[Collection entries]
+ + + + +
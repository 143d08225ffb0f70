ghost use Rattle.std.specs.Prelude.{◌≡◌, None, IfOk, IfErr, IfSome, OnOk};
ghost use Rattle.std.specs.Arc.{arc_value};
ghost use Rattle.async_cell_model.specs.Refusal.{FailsWithMemory, IsOwnerRefusal};
ghost use Rattle.async_cell_sync.specs.Names.{cell_of, NamesAtMost};

use crate::async_cell::AsyncCell;
use crate::guard::GuardedCell;
use crate::owner::Owner;
use crate::take::{Get, GetWeak, Take, TakeWeak};
use crate::weak::Weak;
use async_cell_core::{Refusal, TaskWaker};
use async_cell_history::{Anyone, Caller, Nobody, OwnerPermit, Protocol, Sees, Unruled};
use async_cell_model::{Kept, Reply};
use std::alloc::{AllocFailed, Global};
use std::sync::{Arc, Wait};

/// One counted owner of a cell. The end of the last owner closes the cell (see `Owner`). A `Shared`
/// must be consumed, by `end`, `leave` or `try_into_inner`, or by `with`, which turns it into an
/// `Owner`.
#[derive_where(Debug)]
pub struct Shared<T, N: Protocol<T, TaskWaker> = Unruled> {
    #[derive_where(skip)]
    pub(crate) cell: Arc<AsyncCell<T, N>>,
    #[derive_where(skip)]
    pub(crate) permit: OwnerPermit<T, TaskWaker, N>,
}

impl<T: Drop> Shared<T> {
    /// Makes a cell without a value, and its first owner. Fails with `Memory` if there is no memory
    /// for the cell.
    pub fn shared(alloc: Global) -> Result<Self, Refusal>
        ensures refused { FailsWithMemory result }
    {
        AsyncCell::new(alloc).into_shared_or_drop()
    }
}

impl<T: Drop, N: Protocol<T, TaskWaker>> Shared<T, N> {
    /// Makes the first owner of this cell. If there is no memory, fails with `Memory` and returns
    /// the cell in the error. To use `?`, call `AsyncCell::into_shared_or_drop` instead. To make a
    /// cell with a witness, call `Owner::witnessed`.
    pub fn into_shared(cell: AsyncCell<T, N>) -> Result<Self, (Refusal, AsyncCell<T, N>)>
        requires nameless { N.named ≡ None }
        ensures owns { IfOk result (λ owner. cell_of owner ≡ cell) }
        ensures comes_back { IfErr result (λ back. back ≡ (Refusal.Memory, cell)) }
    {
        match Arc::new(cell.alloc, cell) {
            Ok(cell) => Ok(Shared {
                cell,
                permit: OwnerPermit::blind(),
            }),
            Err(AllocFailed { value: cell }) => Err((Refusal::Memory, cell)),
        }
    }

    /// Returns the cell, so that you can call its methods.
    pub fn cell(&self) -> &AsyncCell<T, N>
        ensures held { result.now ≡ cell_of self.now }
    {
        self.cell.as_ref()
    }

    /// Makes an `Owner` from this owner and `rt`, the right to wait for the lock. The `Owner` ends
    /// when it is dropped.
    pub fn with<R: Wait + Drop>(self, rt: R) -> Owner<T, R, N>
        ensures keeps { result.shared ≡ self }
    {
        Owner { shared: self, rt }
    }

    /// As `Owner::another`.
    #[inline(always)]
    pub fn another<R: Wait>(&self, rt: &R) -> Result<Self, Refusal>
        ensures of_this { IfOk result (λ owner. cell_of owner ≡ cell_of self.now) }
        ensures refused { IfErr result IsOwnerRefusal }
    {
        Shared::counted(&self.cell, &Anyone, &mut Nobody, rt)
    }

    /// Returns a `Take` that is a new owner. Fails as `another` does.
    pub fn take_shared<R: Wait>(&self, rt: &R) -> Result<Take<Self>, Refusal>
        ensures of_this { IfOk result (λ polled. cell_of polled.0 ≡ cell_of self.now) }
        ensures refused { IfErr result IsOwnerRefusal }
    {
        Ok(Take(self.another(rt)?))
    }

    /// Returns a `Get` that is a new owner. Fails as `another` does.
    pub fn get_shared<R: Wait>(&self, rt: &R) -> Result<Get<Self>, Refusal>
    where
        T: Clone,
        ensures of_this { IfOk result (λ polled. cell_of polled.0 ≡ cell_of self.now) }
        ensures refused { IfErr result IsOwnerRefusal }
    {
        Ok(Get(self.another(rt)?))
    }

    /// As `Owner::guard_shared`, but returns a `GuardedCell`, which must be consumed.
    #[inline(always)]
    pub fn guard_shared<R: Wait>(
        &self,
        cancel: T,
        rt: &R,
    ) -> Result<GuardedCell<T, Self>, (Refusal, T)>
        requires may { N.may (Kept.OrSet cancel) }
        ensures of_this { IfOk result (λ guard. cell_of guard.pointer ≡ cell_of self.now) }
        ensures keeps { IfOk result (λ guard. guard.cancel ≡ cancel) }
        ensures refused { IfErr result (λ back. IsOwnerRefusal back.0) }
        ensures comes_back { IfErr result (λ back. back.1 ≡ cancel) }
    {
        match self.another(rt) {
            Ok(owner) => Ok(GuardedCell::new(owner, cancel)),
            Err(why) => Err((why, cancel)),
        }
    }

    /// As `guard_shared`, but drops `cancel` if it fails, so that `?` can be used on the result.
    pub fn guard_shared_or_drop<R: Wait>(
        &self,
        cancel: T,
        rt: &R,
    ) -> Result<GuardedCell<T, Self>, Refusal>
        requires may { N.may (Kept.OrSet cancel) }
        ensures of_this { IfOk result (λ guard. cell_of guard.pointer ≡ cell_of self.now) }
        ensures keeps { IfOk result (λ guard. guard.cancel ≡ cancel) }
        ensures refused { IfErr result IsOwnerRefusal }
    {
        match self.guard_shared(cancel, rt) {
            Ok(guard) => Ok(guard),
            Err((why, _)) => Err(why),
        }
    }

    /// As `Owner::downgrade`, but returns a `Weak`, whose calls take `rt`.
    pub fn downgrade(&self) -> Weak<T, N>
        ensures of_this { NamesAtMost result (cell_of self.now) }
    {
        let cell = Arc::try_clone(&self.cell).ok();
        Weak { cell }
    }

    /// Returns a request, whose `with(rt)` is the future of `Owner::take_weak`.
    pub fn take_weak(&self) -> TakeWeak<T, N>
        ensures of_this { NamesAtMost result.0 (cell_of self.now) }
    {
        TakeWeak(self.downgrade())
    }

    /// Returns a request, whose `with(rt)` is the future of `Owner::get_weak`.
    pub fn get_weak(&self) -> GetWeak<T, N>
    where
        T: Clone,
        ensures of_this { NamesAtMost result.0 (cell_of self.now) }
    {
        GetWeak(self.downgrade())
    }

    /// As `Owner::try_into_inner`.
    pub fn try_into_inner<R: Wait>(self, rt: &R) -> Result<Option<T>, Self>
        requires may { N.may Kept.TakeInner }
        ensures rule { IfOk result (λ content. IfSome content N.holds) }
        ensures comes_back { IfErr result (λ back. back ≡ self) }
    {
        let Shared { cell, permit } = self;
        match cell.core.take_counted(permit, &mut Nobody, rt) {
            Ok(content) => Ok(content),
            Err((Refusal::StillShared, permit)) => Err(Shared { cell, permit }),
            Err((_, permit)) => {
                Shared { cell, permit }.end(rt); // It is closed.
                Ok(None)
            }
        }
    }

    /// Ends the owner.
    #[inline(always)]
    pub fn end<R: Wait>(self, rt: &R) {
        let Shared { cell, permit } = self;
        let _ = cell.core.end_counted(permit, rt);
    }

    /// Makes a new owner of the cell that `cell` points to, and shows the call to `seen`. Fails
    /// with `OwnersFull` if there are 4,294,967,295 owners, and with `Closed` if the cell is
    /// closed, which cannot be if the caller `by` is an owner. Fails with `Memory`, and shows
    /// nothing, if the count of the cell's `Arc` is full.
    #[inline(always)]
    pub(crate) fn counted<K: Caller<T, TaskWaker, N>, S: Sees<T, TaskWaker, N>, R: Wait>(
        cell: &Arc<AsyncCell<T, N>>,
        by: &K,
        seen: &mut S,
        rt: &R,
    ) -> Result<Self, Refusal>
        ensures sees { OnOk result (S.sees seen.old Kept.AddOwner Reply.Done seen.new) }
        ensures sees_refusal { IfErr result (λ why. ¬ (why ≡ Refusal.Memory)
            → S.sees seen.old Kept.AddOwner (Reply.Refused why None) seen.new) }
        ensures unseen { IfErr result (λ why. why ≡ Refusal.Memory → seen.new ≡ seen.old) }
        ensures of_this { IfOk result (λ owner. cell_of owner ≡ arc_value cell.now) }
        ensures open { K.owns → IfErr result (λ why. ¬ (why ≡ Refusal.Closed)) }
        ensures refused { IfErr result IsOwnerRefusal }
    {
        let Ok(cell) = Arc::try_clone(cell) else {
            return Err(Refusal::Memory);
        };
        match cell.core.add_counted(by, seen, rt) {
            Ok(permit) => Ok(Shared { cell, permit }),
            Err(why) => Err(why),
        }
    }
}

impl Shared<()> {
    /// Returns a `Take` that waits for `notify` and is a new owner. Fails as `another` does.
    pub fn wait_shared<R: Wait>(&self, rt: &R) -> Result<Take<Self>, Refusal>
        ensures of_this { IfOk result (λ polled. cell_of polled.0 ≡ cell_of self.now) }
        ensures refused { IfErr result IsOwnerRefusal }
    {
        self.take_shared(rt)
    }
}
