/// Ends the owner. May wait for the lock. If no other pointer to the cell is left, takes no lock.
impl<T: Drop, R: Wait + Drop, N: Protocol<T, TaskWaker>> Drop for Owner<T, R, N> {
    fn drop(self) {
        let Owner {
            rt,
            shared: Shared { mut cell, permit },
        } = self;
        match Arc::get_mut(&mut cell) {
            Some(last) => last.core.rest(permit),
            None => Shared { cell, permit }.end(&rt),
        }
    }
}

impl<T: Drop, R: Wait + Drop, N: Protocol<T, TaskWaker>> CellRef for Owner<T, R, N> {
    type Value = T;

    type Rules = N;

    ghost waits_for = { λ p s. s ≡ source_of (cell_owned p) };

    fn cell(&self) -> &AsyncCell<T, N> {
        Owner::cell(self)
    }

    fn leave<S: Wait>(self, _: &S) {}
}

impl<T: Drop, R: Wait + Drop, N: Takeable<T, TaskWaker>> TakeRef for Owner<T, R, N> {
    ghost takes = { N.takes };
}
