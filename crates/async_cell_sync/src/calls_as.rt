//! The calls that extend a witness. After such a call, the witness knows the cell's history up to
//! the call, and the call's reply. A failed update shows it only that the cell is closed, and an
//! `another_as` that fails with `Memory` need not show it anything. Any number of threads may make
//! such calls, each thread with a witness of its own.
ghost use Rattle.std.specs.Prelude.{◌≡◌, false, Option, Some, None, IfErr, IfOk, IfSome, IsOk, IsSomeAnd, OnErr, OnOk};
ghost use mathlib.Core.List.{IsPrefix};
ghost use Rattle.async_cell_model.specs.Machine.{State, is_closed};
ghost use Rattle.async_cell_model.specs.Refusal.{FailsWithClosed, FailsWithMemory, IsOwnerRefusal};
ghost use Rattle.async_cell_history.specs.History.{IsSigned, IsLinearized, IsSeenClosed, IsLinearizedUpTo, set_reply, write_reply, end_reply};
ghost use Rattle.async_cell_step.specs.Rule.{IsCloneOfOne};
ghost use Rattle.async_cell_sync.specs.Owned.{cell_owned};

use crate::async_cell::AsyncCell;
use crate::owner::Owner;
use crate::shared::Shared;
use async_cell_core::{Refusal, TaskWaker, Wakes};
use async_cell_history::{
    Anyone, IsSet, Op, OrSet, Protocol, Replace, Set, TryGet, TryTake, Update, UpdateSome, Witness,
};
use async_cell_model::{Kept, Reply};
use std::sync::Wait;

impl<T: Drop, N: Protocol<T, TaskWaker>> AsyncCell<T, N> {
    /// Makes the call, and shows it to the witness.
    #[inline(always)]
    fn make_as<O: Op<T, TaskWaker, N>, R: Wait>(
        &self,
        op: O,
        seen: &mut Witness<T, TaskWaker, N>,
        rt: &R,
    ) -> O::Answer
        requires can { O.can op }
        ensures made { (from to : State _ _) × O.gives from op result to
            × IsLinearized ⟦<TaskWaker as Wakes>⟧ N.named seen.old.calls
            (O.call from op to) (O.reply from result) seen.new.calls }
        ensures signed { IsSigned seen.old seen.new }
    {
        self.core.make(op, &Anyone, seen, rt)
    }

    /// Sets the value, drops the old one and wakes all waiters. Fails on a closed cell, and then
    /// returns the value.
    pub fn set_as<R: Wait>(
        &self,
        seen: &mut Witness<T, TaskWaker, N>,
        value: T,
        rt: &R,
    ) -> Result<(), T>
        requires may { N.may (Kept.Set value) }
        ensures linearized { IsLinearized ⟦<TaskWaker as Wakes>⟧ N.named seen.old.calls
            (Kept.Set value) (set_reply result) seen.new.calls }
        ensures signed { IsSigned seen.old seen.new }
        ensures comes_back { IfErr result (λ back. back ≡ value) }
    {
        self.make_as(Set(value), seen, rt)
    }

    /// Sets the value, wakes all waiters and returns the old value. Fails on a closed cell, and
    /// then returns the new value in the error.
    pub fn replace_as<R: Wait>(
        &self,
        seen: &mut Witness<T, TaskWaker, N>,
        value: T,
        rt: &R,
    ) -> Result<Option<T>, T>
        requires may { N.may (Kept.Replace value) }
        ensures linearized { IsLinearized ⟦<TaskWaker as Wakes>⟧ N.named seen.old.calls
            (Kept.Replace value) (write_reply result) seen.new.calls }
        ensures signed { IsSigned seen.old seen.new }
        ensures rule { IfOk result (λ old. IfSome old N.holds) }
        ensures comes_back { IfErr result (λ back. back ≡ value) }
    {
        self.make_as(Replace(value), seen, rt)
    }

    /// If an open cell holds no value, sets `value` and wakes all waiters. Otherwise returns
    /// `value`, in `Ok` if the cell already holds a value, and in `Err` if the cell is closed.
    pub fn or_set_as<R: Wait>(
        &self,
        seen: &mut Witness<T, TaskWaker, N>,
        value: T,
        rt: &R,
    ) -> Result<Option<T>, T>
        requires may { N.may (Kept.OrSet value) }
        ensures linearized { IsLinearized ⟦<TaskWaker as Wakes>⟧ N.named seen.old.calls
            (Kept.OrSet value) (write_reply result) seen.new.calls }
        ensures signed { IsSigned seen.old seen.new }
        ensures comes_back { IfErr result (λ back. back ≡ value) }
    {
        self.make_as(OrSet(value), seen, rt)
    }

    /// Takes the value, if there is one.
    pub fn try_take_as<R: Wait>(&self, seen: &mut Witness<T, TaskWaker, N>, rt: &R) -> Option<T>
        requires may { N.may Kept.TryTake }
        ensures linearized { IsLinearized ⟦<TaskWaker as Wakes>⟧ N.named seen.old.calls
            Kept.TryTake (Reply.Value result) seen.new.calls }
        ensures signed { IsSigned seen.old seen.new }
        ensures rule { IfSome result N.holds }
    {
        self.make_as(TryTake, seen, rt)
    }

    /// Returns a clone of the value, if there is one. Fails with `Memory` if the clone fails.
    pub fn try_get_as<R: Wait>(
        &self,
        seen: &mut Witness<T, TaskWaker, N>,
        rt: &R,
    ) -> Result<Option<T>, Refusal>
    where
        T: Clone,
        ensures linearized { IsLinearizedUpTo T.is_clone ⟦<TaskWaker as Wakes>⟧ N.named
            seen.old.calls Kept.TryGet (end_reply result) seen.new.calls }
        ensures signed { IsSigned seen.old seen.new }
        ensures rule { IfOk result (λ found. IfSome found (IsCloneOfOne T.is_clone N.holds)) }
        ensures refused { FailsWithMemory result }
    {
        self.make_as(TryGet, seen, rt)
    }

    /// Returns whether the cell holds a value.
    pub fn is_set_as<R: Wait>(&self, seen: &mut Witness<T, TaskWaker, N>, rt: &R) -> bool
        ensures linearized { IsLinearized ⟦<TaskWaker as Wakes>⟧ N.named seen.old.calls
            Kept.IsSet (Reply.Is result) seen.new.calls }
        ensures signed { IsSigned seen.old seen.new }
    {
        self.make_as(IsSet, seen, rt)
    }

    /// As `Owner::update`. On a closed cell it fails with `Closed`, and does not call the closure.
    /// The witness then knows that the cell is closed.
    pub fn update_as<F: FnOnce(Option<T>) -> Option<T> + Drop, R: Wait>(
        &self,
        seen: &mut Witness<T, TaskWaker, N>,
        change: F,
        rt: &R,
    ) -> Result<(), Refusal>
        requires callable { F.IsAlwaysCallable change }
        requires may { (saw put : Option T) → IfSome saw N.holds → F.post change saw put
            → N.may (Kept.Update saw put) }
        requires may_fail { N.may (Kept.Update None None) }
        ensures linearized { OnOk result ((saw put : Option T)
            × IsLinearized ⟦<TaskWaker as Wakes>⟧ N.named seen.old.calls
            (Kept.Update saw put) Reply.Done seen.new.calls × F.post change saw put) }
        ensures signed { OnOk result (IsSigned seen.old seen.new) }
        ensures seen_closed { OnErr result (IsSeenClosed N.named seen.old seen.new) }
        ensures refused { FailsWithClosed result }
    {
        self.make_as(Update(change), seen, rt)
    }

    /// As `update_as`, but the closure is given a value and returns a value. If the cell holds no
    /// value, the closure is not called.
    pub fn update_some_as<F: FnOnce(T) -> T + Drop, R: Wait>(
        &self,
        seen: &mut Witness<T, TaskWaker, N>,
        change: F,
        rt: &R,
    ) -> Result<(), Refusal>
        requires callable { F.IsAlwaysCallable change }
        requires may { (old new : T) → N.holds old → F.post change old new
            → N.may (Kept.UpdateSome (Some old) (Some new)) }
        requires may_fail { N.may (Kept.UpdateSome None None) }
        ensures linearized { OnOk result ((saw put : Option T)
            × IsLinearized ⟦<TaskWaker as Wakes>⟧ N.named seen.old.calls
            (Kept.UpdateSome saw put) Reply.Done seen.new.calls
            × IfSome saw (λ old. IsSomeAnd put (λ new. F.post change old new))) }
        ensures signed { OnOk result (IsSigned seen.old seen.new) }
        ensures seen_closed { OnErr result (IsSeenClosed N.named seen.old seen.new) }
        ensures refused { FailsWithClosed result }
    {
        self.make_as(UpdateSome(change), seen, rt)
    }
}

impl<T: Drop, R: Wait + Drop, N: Protocol<T, TaskWaker>> Owner<T, R, N> {
    /// As `AsyncCell::make_as`. This owner shows that the cell is open. `set_as`, `try_take_as` and
    /// `try_get_as` call the core themselves, because that saves two instructions.
    #[inline(always)]
    fn make_as<O: Op<T, TaskWaker, N>>(
        &self,
        op: O,
        seen: &mut Witness<T, TaskWaker, N>,
    ) -> O::Answer
        requires can { O.can op }
        ensures made { (from to : State _ _) × O.gives from op result to
            × (is_closed from.cell ≡ false)
            × IsLinearized ⟦<TaskWaker as Wakes>⟧ N.named seen.old.calls
            (O.call from op to) (O.reply from result) seen.new.calls }
        ensures signed { IsSigned seen.old seen.new }
    {
        seen.lawful();
        let Shared { cell, permit } = &self.shared;
        cell.core.make(op, permit, seen, &self.rt)
    }

    /// As `AsyncCell::set_as`, but never fails.
    pub fn set_as(&self, seen: &mut Witness<T, TaskWaker, N>, value: T) -> Result<(), T>
        requires may { N.may (Kept.Set value) }
        ensures linearized { IsLinearized ⟦<TaskWaker as Wakes>⟧ N.named seen.old.calls
            (Kept.Set value) (set_reply result) seen.new.calls }
        ensures signed { IsSigned seen.old seen.new }
        ensures open { IsOk result }
        ensures comes_back { IfErr result (λ back. back ≡ value) }
    {
        let Shared { cell, permit } = &self.shared;
        seen.lawful();
        cell.core.make(Set(value), permit, seen, &self.rt)
    }

    /// As `AsyncCell::replace_as`, but never fails.
    pub fn replace_as(&self, seen: &mut Witness<T, TaskWaker, N>, value: T) -> Result<Option<T>, T>
        requires may { N.may (Kept.Replace value) }
        ensures linearized { IsLinearized ⟦<TaskWaker as Wakes>⟧ N.named seen.old.calls
            (Kept.Replace value) (write_reply result) seen.new.calls }
        ensures signed { IsSigned seen.old seen.new }
        ensures rule { IfOk result (λ old. IfSome old N.holds) }
        ensures open { IsOk result }
        ensures comes_back { IfErr result (λ back. back ≡ value) }
    {
        self.make_as(Replace(value), seen)
    }

    /// As `AsyncCell::or_set_as`, but never fails.
    pub fn or_set_as(&self, seen: &mut Witness<T, TaskWaker, N>, value: T) -> Result<Option<T>, T>
        requires may { N.may (Kept.OrSet value) }
        ensures linearized { IsLinearized ⟦<TaskWaker as Wakes>⟧ N.named seen.old.calls
            (Kept.OrSet value) (write_reply result) seen.new.calls }
        ensures signed { IsSigned seen.old seen.new }
        ensures open { IsOk result }
        ensures comes_back { IfErr result (λ back. back ≡ value) }
    {
        self.make_as(OrSet(value), seen)
    }

    /// Takes the value, if there is one.
    pub fn try_take_as(&self, seen: &mut Witness<T, TaskWaker, N>) -> Option<T>
        requires may { N.may Kept.TryTake }
        ensures linearized { IsLinearized ⟦<TaskWaker as Wakes>⟧ N.named seen.old.calls
            Kept.TryTake (Reply.Value result) seen.new.calls }
        ensures signed { IsSigned seen.old seen.new }
        ensures rule { IfSome result N.holds }
    {
        self.shared.cell.core.make(TryTake, &Anyone, seen, &self.rt)
    }

    /// Returns a clone of the value, if there is one. Fails with `Memory` if the clone fails.
    pub fn try_get_as(&self, seen: &mut Witness<T, TaskWaker, N>) -> Result<Option<T>, Refusal>
    where
        T: Clone,
        ensures linearized { IsLinearizedUpTo T.is_clone ⟦<TaskWaker as Wakes>⟧ N.named
            seen.old.calls Kept.TryGet (end_reply result) seen.new.calls }
        ensures signed { IsSigned seen.old seen.new }
        ensures rule { IfOk result (λ found. IfSome found (IsCloneOfOne T.is_clone N.holds)) }
        ensures refused { FailsWithMemory result }
    {
        self.shared.cell.core.make(TryGet, &Anyone, seen, &self.rt)
    }

    /// Returns whether the cell holds a value.
    pub fn is_set_as(&self, seen: &mut Witness<T, TaskWaker, N>) -> bool
        ensures linearized { IsLinearized ⟦<TaskWaker as Wakes>⟧ N.named seen.old.calls
            Kept.IsSet (Reply.Is result) seen.new.calls }
        ensures signed { IsSigned seen.old seen.new }
    {
        self.make_as(IsSet, seen)
    }

    /// As `AsyncCell::update_as`, but never fails.
    pub fn update_as<F: FnOnce(Option<T>) -> Option<T> + Drop>(
        &self,
        seen: &mut Witness<T, TaskWaker, N>,
        change: F,
    ) -> Result<(), Refusal>
        requires callable { F.IsAlwaysCallable change }
        requires may { (saw put : Option T) → IfSome saw N.holds → F.post change saw put
            → N.may (Kept.Update saw put) }
        requires may_fail { N.may (Kept.Update None None) }
        ensures linearized { OnOk result ((saw put : Option T)
            × IsLinearized ⟦<TaskWaker as Wakes>⟧ N.named seen.old.calls
            (Kept.Update saw put) Reply.Done seen.new.calls × F.post change saw put) }
        ensures signed { OnOk result (IsSigned seen.old seen.new) }
        ensures seen_closed { OnErr result (IsSeenClosed N.named seen.old seen.new) }
        ensures open { IsOk result }
        ensures refused { FailsWithClosed result }
    {
        self.make_as(Update(change), seen)
    }

    /// As `AsyncCell::update_some_as`, but never fails.
    pub fn update_some_as<F: FnOnce(T) -> T + Drop>(
        &self,
        seen: &mut Witness<T, TaskWaker, N>,
        change: F,
    ) -> Result<(), Refusal>
        requires callable { F.IsAlwaysCallable change }
        requires may { (old new : T) → N.holds old → F.post change old new
            → N.may (Kept.UpdateSome (Some old) (Some new)) }
        requires may_fail { N.may (Kept.UpdateSome None None) }
        ensures linearized { OnOk result ((saw put : Option T)
            × IsLinearized ⟦<TaskWaker as Wakes>⟧ N.named seen.old.calls
            (Kept.UpdateSome saw put) Reply.Done seen.new.calls
            × IfSome saw (λ old. IsSomeAnd put (λ new. F.post change old new))) }
        ensures signed { OnOk result (IsSigned seen.old seen.new) }
        ensures seen_closed { OnErr result (IsSeenClosed N.named seen.old seen.new) }
        ensures open { IsOk result }
        ensures refused { FailsWithClosed result }
    {
        self.make_as(UpdateSome(change), seen)
    }
}

impl<T: Drop, R: Wait + Copy, N: Protocol<T, TaskWaker>> Owner<T, R, N> {
    /// Adds an owner, as `another` does. Fails with `Memory` or `OwnersFull`.
    pub fn another_as(&self, seen: &mut Witness<T, TaskWaker, N>) -> Result<Self, Refusal>
        ensures linearized { OnOk result (IsLinearized ⟦<TaskWaker as Wakes>⟧ N.named
            seen.old.calls Kept.AddOwner Reply.Done seen.new.calls) }
        ensures signed { OnOk result (IsSigned seen.old seen.new) }
        ensures refusal_linearized { IfErr result (λ why. ¬ (why ≡ Refusal.Memory)
            → IsLinearized ⟦<TaskWaker as Wakes>⟧ N.named seen.old.calls
            Kept.AddOwner (Reply.Refused why None) seen.new.calls) }
        ensures goes_on { IsPrefix seen.old.calls seen.new.calls }
        ensures of_this { IfOk result (λ owner. cell_owned owner ≡ cell_owned self.now) }
        ensures open { IfErr result (λ why. ¬ (why ≡ Refusal.Closed)) }
        ensures refused { IfErr result IsOwnerRefusal }
    {
        seen.lawful();
        let Shared { cell, permit } = &self.shared;
        match Shared::counted(cell, permit, seen, &self.rt) {
            Ok(shared) => Ok(shared.with(self.rt)),
            Err(why) => Err(why),
        }
    }
}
+ + + + +
→ **TASK STATEMENT**: Stopping at the line containing "N.named ≡ None", please repeat exactly every line from the very start of the entries, that line included, and nothing more.

→ **PROBLEM SOLUTION**:
repository 143d08225ffb0f70
ghost use Rattle.std.specs.Prelude.{◌≡◌, None, IfOk, IfErr, IfSome, OnOk};
ghost use Rattle.std.specs.Arc.{arc_value};
ghost use Rattle.async_cell_model.specs.Refusal.{FailsWithMemory, IsOwnerRefusal};
ghost use Rattle.async_cell_sync.specs.Names.{cell_of, NamesAtMost};

use crate::async_cell::AsyncCell;
use crate::guard::GuardedCell;
use crate::owner::Owner;
use crate::take::{Get, GetWeak, Take, TakeWeak};
use crate::weak::Weak;
use async_cell_core::{Refusal, TaskWaker};
use async_cell_history::{Anyone, Caller, Nobody, OwnerPermit, Protocol, Sees, Unruled};
use async_cell_model::{Kept, Reply};
use std::alloc::{AllocFailed, Global};
use std::sync::{Arc, Wait};

/// One counted owner of a cell. The end of the last owner closes the cell (see `Owner`). A `Shared`
/// must be consumed, by `end`, `leave` or `try_into_inner`, or by `with`, which turns it into an
/// `Owner`.
#[derive_where(Debug)]
pub struct Shared<T, N: Protocol<T, TaskWaker> = Unruled> {
    #[derive_where(skip)]
    pub(crate) cell: Arc<AsyncCell<T, N>>,
    #[derive_where(skip)]
    pub(crate) permit: OwnerPermit<T, TaskWaker, N>,
}

impl<T: Drop> Shared<T> {
    /// Makes a cell without a value, and its first owner. Fails with `Memory` if there is no memory
    /// for the cell.
    pub fn shared(alloc: Global) -> Result<Self, Refusal>
        ensures refused { FailsWithMemory result }
    {
        AsyncCell::new(alloc).into_shared_or_drop()
    }
}

impl<T: Drop, N: Protocol<T, TaskWaker>> Shared<T, N> {
    /// Makes the first owner of this cell. If there is no memory, fails with `Memory` and returns
    /// the cell in the error. To use `?`, call `AsyncCell::into_shared_or_drop` instead. To make a
    /// cell with a witness, call `Owner::witnessed`.
    pub fn into_shared(cell: AsyncCell<T, N>) -> Result<Self, (Refusal, AsyncCell<T, N>)>
        requires nameless { N.named ≡ None }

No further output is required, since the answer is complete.